It began as a trickle, when four bodies were discovered in poorly ventilated homes and low-rent apartments on Monday, July 13, 1995. The temperature was 113 degrees Fahrenheit, but it felt like 126.
Then it got hotter.
As temperatures spiked—peaking at 115 degrees that Tuesday—so did the death count.
By the end of the week, 735 more victims—mostly elderly and poor—succumbed to unbearable heat and humidity, making the 1995 Chicago heat wave one of the deadliest climate disasters in U.S. history.
It killed three times as many people as Superstorm Sandy (117 victims) and Hurricane Harvey (107), combined.
Nobody described heat waves as climate disasters in 1995. In fact, then-Mayor Richard M. Daley initially dismissed it as routine summer heat, then blamed the media for hyping the event.
“It’s hot. It’s very hot. But let’s not blow it out of proportion,” Daley said as criticism mounted over City Hall’s plodding response to the rising death toll, according to “Heat Wave: A Social Autopsy of Disaster in Chicago,” by New York University sociologist Eric Klinenberg.

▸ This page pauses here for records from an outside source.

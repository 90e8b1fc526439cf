ghost use Rattle.std.specs.Prelude.{◌≡◌, ◌++◌, length, nat_abs, replicate, IfOk};
ghost use Rattle.std.specs.Result.{result_err};
ghost use Rattle.xs_fields.specs.Conditions.{answer, first_missed, judged, IsOrMemory};
ghost use Rattle.xs_fields.specs.Integers.{integer_of};
ghost use Rattle.xs_fields.specs.Lists.{copies, once, ints_meet, ints_of, is_small_run, members_in, run_of};
ghost use Rattle.xs_fields.specs.Scanning.{have_room, joined};

use crate::compare::at_most;
use crate::condition::Condition;
use crate::integer::{is_integer, read_integer, small_value};
use crate::reading::Reading;
use crate::scan::{has_room, joined};
use crate::words::{cut, next_word};
use std::alloc::Global;
use xf_num::{Ints, NoMemory, Row};
use xf_text::FieldStop;
use xs_model::Names;

/// An integer of a list, and how many copies of it stand there.
#[derive(Clone, Copy, Debug)]
pub struct Run {
    pub value: i128,
    pub times: i128,
}

/// The copies that `vxk` stands for.
fn copies(value: &[u8], times: &[u8]) -> Result<Run, Condition>
    ensures { result ≡ judged is_small_run (copies (integer_of value.now) (integer_of times.now)) }
{
    if !is_integer(value) || !is_integer(times) || !at_most(b"1", times) {
        return Err(Condition::Spelling);
    }
    match (small_value(value), small_value(times)) {
        (Some(value), Some(times)) => Ok(Run { value, times }),
        _ => Err(Condition::Magnitude),
    }
}

/// One copy of the integer that the word spells.
fn once(word: &[u8]) -> Result<Run, Condition>
    ensures { result ≡ judged is_small_run (once (integer_of word.now)) }
{
    match read_integer(word) {
        Ok(value) => Ok(Run { value, times: 1 }),
        Err(missed) => Err(missed),
    }
}

/// What a word of a list of integers spells, or the first of `Spelling` and `Magnitude` that it misses.
pub(crate) fn read_run(word: &[u8]) -> Result<Run, Condition>
    ensures { result ≡ judged is_small_run (run_of word.now) }
{
    let (value, behind) = cut(word, b'x');
    match behind {
        None => once(value),
        Some(behind) => {
            let (times, more) = cut(behind, b'x');
            match more {
                None => copies(value, times),
                Some(_) => Err(Condition::Spelling),
            }
        }
    }
}

/// Appends the copies, or some of them.
fn push_copies(ints: &mut Ints, run: Run) -> Result<(), NoMemory>
    ensures { IfOk result (λ _. ints.new ≡ ints.old ++ replicate (nat_abs run.times) run.value) }
{
    for _ in 0..run.times.unsigned_abs() {
        ints.push(run.value)?;
    }
    Ok(())
}

/// Appends the members of a word, where nothing is missed and they have room. What is missed with it.
fn take_run(
    ints: &mut Ints,
    missed: Option<Condition>,
    run: Result<Run, Condition>,
    left: u64,
) -> Result<Option<Condition>, NoMemory>
    ensures missed { IfOk result (λ m. m ≡ joined missed (result_err run) (have_room left ints.old (length (members_in run)))) }
    ensures value { IfOk result (λ m. m ≡ None → ints.new ≡ ints.old ++ members_in run) }
{
    match run {
        Ok(run) => {
            let room = has_room(left, ints.len(), run.times.unsigned_abs());
            let next = joined(missed, None, room);
            if next.is_none() {
                push_copies(ints, run)?;
            }
            Ok(next)
        }
        Err(condition) => {
            let room = has_room(left, ints.len(), 0);
            Ok(joined(missed, Some(condition), room))
        }
    }
}

/// The list of integers that a text denotes, and the first condition that the text misses where at most `left` members
/// are allowed: `Spelling`, `Magnitude` or `Counting`. Past the limit no member is made, and the words are judged to the
/// end.
pub fn scan_ints(alloc: Global, text: &[u8], left: u64) -> Result<Reading<Ints>, NoMemory>
    ensures missed { IfOk result (λ r. r.missed ≡ first_missed (ints_meet text.now left)) }
    ensures value { IfOk result (λ r. r.missed ≡ None → r.value ≡ ints_of text.now) }
{
    let mut ints = Row::new(alloc);
    let mut missed = None;
    let mut rest = text;
    while let Some((word, more)) = next_word(rest) {
        missed = take_run(&mut ints, missed, read_run(word), left)?;
        rest = more;
    }
    Ok(Reading {
        value: ints,
        missed,
    })
}

/// The list of integers that a text denotes: integers, and words `vxk` for `k` copies of `v`.
///
/// A misspelt word is F4, a magnitude above 2^126 - 1 is F10, and more than `left` members are F6: the first of these
/// over the whole text. No member past `left` is made. Names stand in no such list; it takes them as the readers of
/// other lists do.
pub fn read_ints(alloc: Global, text: &[u8], names: &Names, left: u64) -> Result<Ints, FieldStop>
    ensures { IsOrMemory result (answer (ints_meet text.now left) (ints_of text.now)) }
{
    let _names = names;
    let reading = scan_ints(alloc, text, left)?;
    match reading.missed {
        Some(missed) => Err(FieldStop::Refused(missed.kind())),
        None => Ok(reading.value),
    }
}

Daniel Alvarez, the city’s human services commissioner, went so far as to characterize the spike in mortality as “people who die because they neglected themselves.” He later apologized and said the city would learn from its mistakes.
Today, Chicago is a model for other cities facing extreme heat, in part for its preparedness protocols, special training for first responders and outreach to vulnerable populations.
It didn’t happen overnight.
Four years after the 1995 disaster, on July 20-31, 1999, a nearly identical bubble of extreme heat and humidity enveloped the city, killing 114, according to Cook County records. The city of Chicago still hadn’t connected the dots between heat and climate.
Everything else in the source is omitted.